In [None]:
import numpy as np
import tqdm as tqdm

In [None]:
##### Data #####
data = """Hi nice to see you! My name is Ryan""".lower()

chars = set(data)

data_size, char_size = len(data), len(chars)

print(f'Data size: {data_size}, Char Size: {char_size}')

char_to_idx = {c:i for i, c in enumerate(chars)}
idx_to_char = {i:c for i, c in enumerate(chars)}

X_train, y_train = data[:-1], data[1:]

Data size: 35, Char Size: 15


In [None]:
##### Helper Functions #####

# one hot encoding
def oneHotEncoding(char):
  onehot = np.zeros((char_size, 1))
  onehot[char_to_idx[char]] = 1
  return onehot

# Xavior Normalized initialization
def initWeights(input_size, output_size):
  return np.random.uniform(-1, 1, (output_size, input_size)) * np.sqrt(6 / (input_size + output_size))

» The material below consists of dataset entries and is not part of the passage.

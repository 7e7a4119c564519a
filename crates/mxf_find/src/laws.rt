//! Laws of looking fragments up.
ghost use Rattle.std.specs.Prelude.{◌≡◌, ◌↔◌, ◌≤◌, IsTrue, List, Option, Some, length, ℕ, pos, ◌-ℤ◌};
ghost use Rattle.mxf_klv.specs.Note.{IsNote, greatest_end};
ghost use Rattle.mxf_klv.specs.Parts.{NoteParts};
ghost use Rattle.mxf_klv.specs.Rising.{In};
ghost use Rattle.mxf_catalogue.specs.Content.{AreReduced, IsCatalogue};
ghost use Rattle.mxf_find.specs.Found.{IsFound, offset_of};
ghost use Rattle.mxf_find.specs.Telling.{IsTellingByLength, IsTellingByValue, tells_by_length, tells_by_value};
ghost use Rattle.mxf_find.specs.Votes.{FragmentParts, IsMostVoted, place, shift, votes};
ghost use Rattle.mxf_find.specs.Wholly.{LiesWholly};
ghost use Rattle.mxf_find.specs.declared.found.Match.{Match};

pub use crate::found::one_match;
pub use crate::ranking::rankings_by_definition;

/// A law of votes: which notes tell is by the fields of the notes beside them.
pub fn telling_by_definition()
    ensures by_value { (n : NoteParts) (notes : List NoteParts) → IsCatalogue notes → In n notes
        → IsTrue (tells_by_value notes n) ↔ IsTellingByValue n notes }
    ensures by_length { (n : NoteParts) (notes : List NoteParts) → IsCatalogue notes → In n notes
        → IsTrue (tells_by_length notes n) ↔ IsTellingByLength n notes }
{}

/// A law of votes: one number at most has the most votes and is the least of those that have as many.
pub fn one_most_voted()
    ensures { (votes : List ℕ) (a b : ℕ) → IsMostVoted votes a → IsMostVoted votes b → a ≡ b }
{}

/// A law of [`Match`](crate::Match): its offset is that of a note of the recording less the place of the fragment's
/// note that votes by it.
pub fn shifts_are_offsets()
    ensures { (f : FragmentParts) (p n : NoteParts) → place f p ≤ greatest_end
        → offset_of (shift f p n) ≡ pos n.offset -ℤ pos (place f p) }
{}

/// A law of [`find`](crate::find): a recording without heads has the packet of each note of a fragment, where one shift
/// moves it, and one of these tells there. Then all votes are for that shift, and all notes of the fragment agree.
pub fn whole_fragments_are_found()
    ensures votes { (f : FragmentParts) (recording : List NoteParts) (at : ℕ) → IsCatalogue f.notes → AreReduced f.notes
        → IsCatalogue recording → LiesWholly f recording at → (v : ℕ) → In v (votes f recording) → v ≡ at }
    ensures found { (f : FragmentParts) (recording : List NoteParts) (at : ℕ) → IsCatalogue f.notes → AreReduced f.notes
        → IsCatalogue recording → LiesWholly f recording at → (found : Option Match) → IsFound f recording found
        → (m : Match) × (found ≡ Some m) × (m.offset ≡ offset_of at) × (m.agree ≡ length f.notes) }
{}
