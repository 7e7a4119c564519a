//! Which indexes there are, by their IndexSIDs (ST 377-1, Index Table Segment and Partition Pack).
ghost use Rattle.std.specs.Prelude.{◌≡◌, ◌↔◌, ◌==◌, ℕ, IfOk, List, filter, map, not};
ghost use Rattle.std.specs.List.{filter_map, list_any};
ghost use Rattle.std.specs.Ordering.{nat_cmp};
ghost use Rattle.mxf_klv.specs.Parts.{NoteParts};
ghost use Rattle.mxf_klv.specs.Rising.{In, IsRising};
ghost use Rattle.mxf_views.specs.Partitions.{partitions_of};
ghost use Rattle.mxf_views.specs.Places.{segments_of};
ghost use Rattle.mxf_units.specs.Indexes.{HasSegment, IsNamedIndex, index_sid_named, index_sids_of};
ghost use Rattle.mxf_units.specs.Indexes.{named_index_sids_of};

use mxf_klv::{OutOfMemory, sort_once};
use mxf_views::{Partition, Views};
use std::alloc::Global;

/// The IndexSIDs that index table segments have, each once, rising. They take memory.
#[tactic(auto, unfolding(crate::specs::Indexes::index_sids_of))]
pub fn index_sids(alloc: Global, views: &Views) -> Result<Vec<u32>, OutOfMemory>
    ensures { IfOk result (λ v. v.items ≡ index_sids_of views.now) }
{
    let mut index_sids = index_sids_in(alloc, views)?;
    sort_once(&mut index_sids);
    Ok(index_sids)
}

/// The IndexSIDs of all segments, in the order of these.
fn index_sids_in(alloc: Global, views: &Views) -> Result<Vec<u32>, OutOfMemory>
    ensures { IfOk result (λ v. v.items ≡ map (λ s. s.segment.numbers.index_sid) (segments_of views.now)) }
{
    let segments = views.segments_in_numbers().iter();
    let index_sids = segments.map(|segment| segment.numbers.index_sid);
    Ok(index_sids.collect(alloc)?)
}

/// The IndexSIDs that partitions with index table segments name, but for 0 and for those that segments have
/// ([`index_sids`]): each once, rising. The segments of these indexes aren't held, or can't be read. They take memory.
#[tactic(auto, unfolding(crate::specs::Indexes::named_index_sids_of))]
pub fn named_index_sids(alloc: Global, views: &Views) -> Result<Vec<u32>, OutOfMemory>
    ensures { IfOk result (λ v. v.items ≡ named_index_sids_of views.now) }
{
    let held = index_sids(alloc, views)?;
    let mut named = index_sids_named(alloc, views)?;
    drop_held(&mut named, &held);
    sort_once(&mut named);
    Ok(named)
}

/// The IndexSIDs that partitions name for their index table segments, in the order of these.
fn index_sids_named(alloc: Global, views: &Views) -> Result<Vec<u32>, OutOfMemory>
    ensures { IfOk result (λ v. v.items ≡ filter_map index_sid_named (partitions_of views.now)) }
{
    let partitions = views.partitions_in_numbers().iter();
    let index_sids = partitions.filter_map(|partition| index_sid_named(partition));
    Ok(index_sids.collect(alloc)?)
}

/// The IndexSID that a partition names for its index table segments, if it says that it has some.
fn index_sid_named(partition: &Partition) -> Option<u32>
    ensures { result ≡ index_sid_named partition.now }
{
    let numbers = &partition.numbers;
    if numbers.index_byte_count > 0 && numbers.index_sid > 0 {
        Some(numbers.index_sid)
    } else {
        None
    }
}

/// Takes out those that are held. These rise.
fn drop_held(index_sids: &mut Vec<u32>, held: &[u32])
    requires { IsRising nat_cmp held.now }
    ensures { index_sids.new.items ≡ filter (λ sid. not (list_any (λ h. h == sid) held.now)) index_sids.old.items }
{
    index_sids.retain(|index_sid| !is_among(held, *index_sid));
}

/// Whether an IndexSID is one of those that rise: a binary search.
fn is_among(index_sids: &[u32], index_sid: u32) -> bool
    requires { IsRising nat_cmp index_sids.now }
    ensures { result ≡ list_any (λ held. held == index_sid) index_sids.now }
{
    index_sids.binary_search(&index_sid).is_ok()
}

/// A law of [`index_sids`]: they are the IndexSIDs that segments have, and they rise.
pub fn index_sids_by_definition()
    ensures members { (notes : List NoteParts) (sid : ℕ) → In sid (index_sids_of notes) ↔ HasSegment notes sid }
    ensures rising { (notes : List NoteParts) → IsRising nat_cmp (index_sids_of notes) }
{}

/// A law of [`named_index_sids`]: they are the IndexSIDs that a partition names for its index table segments and no
/// segment has, and they rise.
pub fn named_index_sids_by_definition()
    ensures members { (notes : List NoteParts) (sid : ℕ)
        → In sid (named_index_sids_of notes) ↔ (IsNamedIndex notes sid × ¬ HasSegment notes sid) }
    ensures rising { (notes : List NoteParts) → IsRising nat_cmp (named_index_sids_of notes) }
{}
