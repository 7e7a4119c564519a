//! The next place after another in its stream (ST 377-1, Index Table Segment).
ghost use Rattle.std.specs.Prelude.{◌≡◌, ◌+◌, ◌^◌, ◌<◌, ◌≤◌, IfOk, IfSome, List};
ghost use Rattle.std.specs.List.{AllByRecursion, filter_map};
ghost use Rattle.std.specs.List.Sorted.{IsNonDecreasingBy};
ghost use Rattle.std.specs.Option.{ForSome};
ghost use Rattle.mxf_units.specs.NextPlaces.{AreNextPlaces, AreSized, first_number, next_by, number_of, place_above};
ghost use Rattle.mxf_units.specs.Streams.{IsSmall, least_above, lesser, offsets_in};

use crate::constant_units::{ConstantUnits, constant_units, number_of};
use crate::intervals::Intervals;
use crate::segments::listed_places;
use crate::stream::{first_above, lesser};
use mxf_klv::OutOfMemory;
use mxf_views::{SegmentAt, StreamPlace};
use std::alloc::Global;
use std::marker::Model;

/// The places of segments, asked for the next one.
#[derive(Drop)]
pub(crate) struct NextPlaces {
    /// The places of units that segments list, in their order.
    listed: Vec<StreamPlace>,
    /// The units of segments that list none, since they have one size.
    constant: Intervals<ConstantUnits>,
}

impl Model for NextPlaces {
    ghost use Rattle.std.specs.List.{AllByRecursion};
    ghost use Rattle.mxf_klv.specs.Rising.{IsRising};
    ghost use Rattle.mxf_units.specs.NextPlaces.{AreSized, NextPlacesParts};
    ghost use Rattle.mxf_units.specs.Streams.{IsSmall};
    ghost use Rattle.mxf_views.specs.Places.{place_cmp};

    ghost Value = { NextPlacesParts };

    ghost view = { λ n. record { listed = n.listed.items; units = n.constant } };

    ghost invariant = { λ n. IsRising place_cmp n.listed.items × AllByRecursion IsSmall n.listed.items
        × AllByRecursion AreSized n.constant };
}

impl NextPlaces {
    /// The places of these segments. They take memory: n log n of the segments and their entries, as their time does.
    pub(crate) fn of(alloc: Global, segments: &[SegmentAt<'_>]) -> Result<NextPlaces, OutOfMemory>
        ensures { IfOk result (λ n. AreNextPlaces segments.now n) }
    {
        let listed = listed_places(alloc, segments)?;
        let constant = Intervals::of(alloc, constant_units(alloc, segments)?)?;
        Ok(NextPlaces { listed, constant })
    }

    /// The next place after another, in bytes from the start of its stream: three binary searches, and a look at each
    /// segment of units of one size that overlaps there.
    pub(crate) fn behind(&self, place: StreamPlace) -> Option<u128>
        requires { IsSmall place }
        ensures next { result ≡ next_by self.now place.body_sid place.offset }
        ensures small { IfSome result (λ n. n + 2 ^ 96 ≤ 2 ^ 128) }
    {
        let listed = first_above(&self.listed, place.body_sid, place.offset);
        let (near, above) = self
            .constant
            .around(number_of(place.body_sid, place.offset));
        let next = lesser_above(listed, near, place);
        lesser(next, first_behind(above, place))
    }
}

/// The lesser of an offset, in bytes, and of the first ones above a place that units have.
fn lesser_above(next: Option<u128>, near: &[ConstantUnits], place: StreamPlace) -> Option<u128>
    requires sized { AllByRecursion AreSized near.now }
    requires small { IsSmall place }
    requires small_next { ForSome next (λ n. n + 2 ^ 96 ≤ 2 ^ 128) }
    ensures next { result ≡ lesser next (least_above place.offset
        (offsets_in place.body_sid (filter_map (place_above place.offset) near.now))) }
    ensures small { IfSome result (λ n. n + 2 ^ 96 ≤ 2 ^ 128) }
{
    let mut least = next;
    for units in near {
        least = lesser(least, units.offset_above(place));
    }
    least
}

/// The first offset after a place, in bytes, of units that begin after it: that of the first of them.
fn first_behind(above: &[ConstantUnits], place: StreamPlace) -> Option<u128>
    requires sized { AllByRecursion AreSized above.now }
    requires small { IsSmall place }
    requires behind { AllByRecursion (λ c. number_of place.body_sid place.offset < first_number c) above.now }
    requires rising { IsNonDecreasingBy first_number above.now }
    ensures next { result ≡ least_above place.offset
        (offsets_in place.body_sid (filter_map (place_above place.offset) above.now)) }
    ensures small { IfSome result (λ n. n + 2 ^ 96 ≤ 2 ^ 128) }
{
    above.first()?.offset_above(place)
}
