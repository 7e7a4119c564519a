//! A fragment, and what it has in common with a recording.
ghost use Rattle.std.specs.Prelude.{◌≡◌, ◌↔◌, ◌≤◌, ◌++◌, [], IfOk, OnOk, IsTrue, flat_map, length, map};
ghost use Rattle.mxf_klv.specs.Note.{greatest_end};
ghost use Rattle.mxf_klv.specs.Parts.{NoteParts};
ghost use Rattle.mxf_find.specs.Votes.{FragmentParts, place, shift, teller_in, votes, votes_by};

use crate::recording::{Recording, Tells};
use mxf_catalogue::Catalogue;
use mxf_klv::{MAX, Note, OutOfMemory};
use std::alloc::Global;
use std::marker::Model;

/// A note of a fragment, and by what it tells.
#[derive(Drop)]
pub(crate) struct Teller<'a> {
    note: &'a Note,
    tells: Tells,
}

impl<'a> Model for Teller<'a> {
    ghost use Rattle.mxf_find.specs.Votes.{TellerParts};

    ghost Value = { TellerParts };

    ghost view = { λ t. record { note = t.note.now; tells = t.tells } };
}

/// What is held of bytes whose recording is looked for: a content, and the offset at which its bytes begin.
#[derive(Drop)]
pub struct Fragment<'a> {
    content: &'a Catalogue,
    offset: u64,
    tellers: Vec<Teller<'a>>,
}

impl<'a> Model for Fragment<'a> {
    ghost use Rattle.std.specs.Prelude.{◌≡◌, map};
    ghost use Rattle.mxf_find.specs.Votes.{FragmentParts, teller_in};

    ghost Value = { FragmentParts };

    ghost view = { λ f. record { notes = f.content.now; offset = f.offset } };

    ghost invariant = { λ f. f.tellers.items ≡ map (teller_in f.content.now) f.content.now };
}

impl<'a> Fragment<'a> {
    /// The fragment of this content that begins at a file offset, in bytes; at 0 for a catalogue. It takes memory, and
    /// n log n of its notes.
    pub fn of(
        alloc: Global,
        content: &'a Catalogue,
        offset: u64,
    ) -> Result<Fragment<'a>, OutOfMemory>
        ensures { IfOk result (λ f. f ≡ record { notes = content.now; offset = offset }) }
    {
        let tellers = tellers_of(alloc, content)?;
        Ok(Fragment {
            content,
            offset,
            tellers,
        })
    }

    /// The number of its notes.
    pub fn len(&self) -> usize
        ensures { result ≡ length self.now.notes }
    {
        self.content.len()
    }

    /// Whether it has no note.
    pub fn is_empty(&self) -> bool
        ensures { IsTrue result ↔ (self.now.notes ≡ []) }
    {
        self.content.is_empty()
    }

    /// Its votes in a recording. They take memory.
    pub(crate) fn votes(
        &self,
        alloc: Global,
        recording: &Recording<'_>,
    ) -> Result<Vec<u64>, OutOfMemory>
        ensures { IfOk result (λ v. v.items ≡ votes self.now recording.now) }
    {
        let mut votes = Vec::new(alloc);
        self.push_votes(&mut votes, &self.tellers, recording)?;
        Ok(votes)
    }

    /// Adds the votes of some of its notes.
    fn push_votes(
        &self,
        votes: &mut Vec<u64>,
        tellers: &[Teller<'_>],
        recording: &Recording<'_>,
    ) -> Result<(), OutOfMemory>
        ensures { OnOk result (votes.new.items
            ≡ votes.old.items ++ flat_map (votes_by self.now recording.now) tellers.now) }
    {
        for teller in tellers {
            self.push_vote(votes, teller, recording)?;
        }
        Ok(())
    }

    /// Adds the vote of one of its notes, if it has one.
    fn push_vote(
        &self,
        votes: &mut Vec<u64>,
        teller: &Teller<'_>,
        recording: &Recording<'_>,
    ) -> Result<(), OutOfMemory>
        ensures { OnOk result (votes.new.items ≡ votes.old.items ++ votes_by self.now recording.now teller.now) }
    {
        let Some(other) = recording.voted(teller.note, teller.tells) else {
            return Ok(());
        };
        votes.push(self.shift(teller.note, other))?;
        Ok(())
    }

    /// How far on a note of a recording lies than one of the fragment does: its offset less the place of the other, and
    /// [`MAX`] more.
    fn shift(&self, note: &Note, other: &Note) -> u64
        ensures { result ≡ shift self.now note.now other.now }
    {
        other.offset() + (MAX - self.place(note))
    }

    /// What it holds.
    pub(crate) fn content(&self) -> &'a Catalogue
        ensures { result.now ≡ self.now.notes }
    {
        self.content
    }

    /// The place of a note: its offset less the fragment's.
    pub(crate) fn place(&self, note: &Note) -> u64
        ensures place { result ≡ place self.now note.now }
        ensures bound { result ≤ greatest_end }
    {
        note.offset().saturating_sub(self.offset)
    }
}

/// The notes of a content in their order, each with that by which it tells.
fn tellers_of<'a>(alloc: Global, content: &'a Catalogue) -> Result<Vec<Teller<'a>>, OutOfMemory>
    ensures { IfOk result (λ v. v.items ≡ map (teller_in content.now) content.now) }
{
    let recording = Recording::of(alloc, content)?;
    let mut tellers = Vec::new(alloc);
    for note in content.notes() {
        let tells = recording.tells(note);
        tellers.push(Teller { note, tells })?;
    }
    Ok(tellers)
}
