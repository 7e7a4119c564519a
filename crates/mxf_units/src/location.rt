//! Where bytes of essence lie in the file, and how they stand.
ghost use Rattle.std.specs.Prelude.{◌≡◌, ◌+◌, ◌<◌, ◌≤◌, ◌^◌, List};
ghost use Rattle.std.specs.Option.{ForSome};
ghost use Rattle.std.specs.Result.{ForOk};
ghost use Rattle.mxf_klv.specs.Parts.{NoteParts};
ghost use Rattle.mxf_places.specs.AtHand.{KnownParts};
ghost use Rattle.mxf_units.specs.Units.{AreBesideEssence, AreKnown, are_all_held, are_all_known, ends_behind};
ghost use Rattle.mxf_units.specs.Units.{extent_by, extent_in, file_offset, is_any_disputed, is_any_known, is_behind};
ghost use Rattle.mxf_units.specs.Units.{is_told, lies_elsewhere, standing_by, standing_in};

use crate::beside::is_beside_essence;
use crate::essence_zone::EssenceZone;
use crate::standing::UnitStanding;
use crate::unit::Extent;
use mxf_catalogue::Cover;
use mxf_places::Holdings;

/// Bytes of essence, and the essence zone that they are looked for in.
#[derive(Clone, Copy, Debug, PartialEq, Eq)]
pub struct Location {
    pub zone: EssenceZone,
    pub extent: Extent,
}

/// The file offset, in bytes, at which an offset of a stream lies by an essence zone.
pub(crate) fn file_offset(zone: EssenceZone, offset: u128) -> u128
    requires { offset + 2 ^ 96 ≤ 2 ^ 128 }
    ensures { result ≡ file_offset zone offset }
{
    u128::from(zone.origin) + offset.saturating_sub(u128::from(zone.body_offset))
}

/// Whether an offset of a stream, in bytes, lies behind the limit of the zone.
pub(crate) fn is_behind(zone: EssenceZone, offset: u128) -> bool
    requires { offset + 2 ^ 96 ≤ 2 ^ 128 }
    ensures { result ≡ is_behind zone offset }
{
    let at = file_offset(zone, offset);
    zone.limit.is_some_and(|limit| u128::from(limit) < at)
}

/// From a place of a stream, in bytes, up to another one; without one up to the end of the zone, if that is known.
pub(crate) fn extent_in(zone: EssenceZone, offset: u128, end: Option<u128>) -> Extent
    requires offset { offset < 2 ^ 96 }
    requires end { ForSome end (λ n. n + 2 ^ 96 ≤ 2 ^ 128) }
    ensures extent { result ≡ extent_in zone offset end }
    ensures small { result.start + 1 < 2 ^ 128 }
{
    let end = match end {
        Some(end) => Some(file_offset(zone, end)),
        None if zone.is_sure => zone.limit.map(u128::from),
        None => None,
    };
    Extent {
        start: file_offset(zone, offset),
        end,
    }
}

/// Whether all offsets from one up to another, in bytes, are held.
pub(crate) fn are_all_held(holdings: &Holdings<'_>, from: u128, to: u128) -> bool
    ensures { result ≡ are_all_held holdings.now from to }
{
    if from >= to {
        return true;
    }
    let end = u128::from(holdings.held_end());
    to <= end && holdings.are_all_held(from as u64, to as u64)
}

/// Whether all offsets from one up to another, in bytes, are in the set: held or at hand.
pub(crate) fn are_all_known(set: &Cover, from: u128, to: u128) -> bool
    ensures { (known : KnownParts) → AreKnown known set.now → result ≡ are_all_known known from to }
{
    if from >= to {
        return true;
    }
    to <= u128::from(set.end()) && set.has_all(from as u64, to as u64)
}

/// Whether an offset from one up to another, in bytes, is in the set.
pub(crate) fn is_any_known(set: &Cover, from: u128, to: u128) -> bool
    ensures { (known : KnownParts) → AreKnown known set.now → result ≡ is_any_known known from to }
{
    let end = u128::from(set.end());
    from < end && set.meets(from as u64, to.min(end) as u64)
}

/// Whether a disputed packet covers an offset from one up to another, in bytes.
pub(crate) fn is_any_disputed(holdings: &Holdings<'_>, from: u128, to: u128) -> bool
    ensures { result ≡ is_any_disputed holdings.now from to }
{
    let end = u128::from(holdings.held_end());
    from < end && holdings.is_any_disputed(from as u64, to.min(end) as u64)
}

/// Whether the bytes begin or end after an end.
fn ends_behind(extent: Extent, end: u64) -> bool
    ensures { result ≡ ends_behind extent end }
{
    let end = u128::from(end);
    end <= extent.start || extent.end.is_some_and(|e| end < e)
}

/// Whether the bytes don't lie in the zone: they begin or end after its limit, or begin where no essence can lie.
fn lies_elsewhere(beside: &Cover, location: Location) -> bool
    ensures { (notes : List NoteParts) → AreBesideEssence notes beside.now → result ≡ lies_elsewhere notes location }
{
    let extent = location.extent;
    location
        .zone
        .limit
        .is_some_and(|limit| ends_behind(extent, limit))
        || is_beside_essence(beside, extent.start)
}

/// How the bytes stand, by what is held, by the set of what is held or at hand, and by where no essence can lie.
pub(crate) fn standing_in(
    holdings: &Holdings<'_>,
    set: &Cover,
    beside: &Cover,
    location: Location,
) -> UnitStanding
    requires { location.extent.start + 1 < 2 ^ 128 }
    ensures { (known : KnownParts) → holdings.now ≡ known.notes → AreKnown known set.now
        → AreBesideEssence known.notes beside.now → result ≡ standing_in known location }
{
    let zone = location.zone;
    let extent = location.extent;
    let end = extent.end.unwrap_or(extent.start + 1);
    if lies_elsewhere(beside, location) {
        return UnitStanding::Elsewhere;
    }
    if !zone.is_sure && !are_all_held(holdings, u128::from(zone.origin), end) {
        return UnitStanding::Unsure;
    }
    if is_any_disputed(holdings, extent.start, end) {
        return UnitStanding::Disputed;
    }
    if !is_any_known(set, extent.start, end) {
        return UnitStanding::Missing;
    }
    if extent.end.is_some() && are_all_held(holdings, extent.start, end) {
        return UnitStanding::Held;
    }
    if extent.end.is_some() && are_all_known(set, extent.start, end) {
        UnitStanding::Hand
    } else {
        UnitStanding::Part
    }
}

/// How bytes stand, if it is known where they lie, or why it isn't.
pub(crate) fn standing_by(
    holdings: &Holdings<'_>,
    set: &Cover,
    beside: &Cover,
    location: Result<Location, UnitStanding>,
) -> UnitStanding
    requires { ForOk location (λ l. l.extent.start + 1 < 2 ^ 128) }
    ensures { (known : KnownParts) → holdings.now ≡ known.notes → AreKnown known set.now
        → AreBesideEssence known.notes beside.now → result ≡ standing_by known location }
{
    match location {
        Ok(location) => standing_in(holdings, set, beside, location),
        Err(standing) => standing,
    }
}

/// Whether bytes that stand so lie in their partition, as far as what is held says.
pub(crate) fn is_told(standing: UnitStanding) -> bool
    ensures { result ≡ is_told standing }
{
    matches!(
        standing,
        UnitStanding::Disputed
            | UnitStanding::Missing
            | UnitStanding::Part
            | UnitStanding::Held
            | UnitStanding::Hand
    )
}

/// Where bytes lie that stand so, if that is given.
pub(crate) fn extent_by(
    standing: UnitStanding,
    location: Result<Location, UnitStanding>,
) -> Option<Extent>
    ensures { result ≡ extent_by standing location }
{
    match location {
        Ok(location) => {
            if is_told(standing) {
                Some(location.extent)
            } else {
                None
            }
        }
        Err(_) => None,
    }
}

##### Activation Function #####

# sigmoid
def sigmoid(x, derivative=False):
  if derivative:
    return x * (1 - x) # x is already in sigmoid function

  return 1 / (1 + np.exp(-x))

# hyperbolic tangent
def tanh(x, derivative=False):
  if derivative:
    return 1 - x**2 # x is already in hyperbolic tangent function

  return np.tanh(x)

# softmax
def softmax(x):
  return np.exp(x) / np.sum(np.exp(x)) # return a list

In [None]:
class LSTM():
  def __init__(self, input_size, hidden_size, output_size, learning_rate, epochs):
    self.hidden_size = hidden_size
    self.learning_rate = learning_rate
    self.epochs = epochs

    # input gate
    self.Wi = initWeights(input_size+hidden_size, hidden_size)
    self.bi = np.zeros((hidden_size, 1))
    # forget gate
    self.Wf = initWeights(input_size+hidden_size, hidden_size)
    self.bf = np.zeros((hidden_size, 1))
    # output gate
    self.Wo = initWeights(input_size+hidden_size, hidden_size)
    self.bo = np.zeros((hidden_size, 1))
    # gate gate
    self.Wg = initWeights(input_size+hidden_size, hidden_size)
    self.bg = np.zeros((hidden_size, 1))
    # final gate
    self.Wy = initWeights(hidden_size, output_size)
    self.by = np.zeros((output_size, 1))

  def forward(self, inputs, targets=None):
    hidden = {-1:np.zeros((self.hidden_size,1))}
    context = {-1:np.zeros((self.hidden_size,1))}

    concat_inputs = {}
    forget_gates = {}
    input_gates = {}
    output_gates = {}
    gate_gates = {}

    outputs = []
    loss = 0
    for i in range(len(inputs)):
      concat_inputs[i] = np.concatenate((hidden[i-1], inputs[i])) # (hidden_size + input_size, 1)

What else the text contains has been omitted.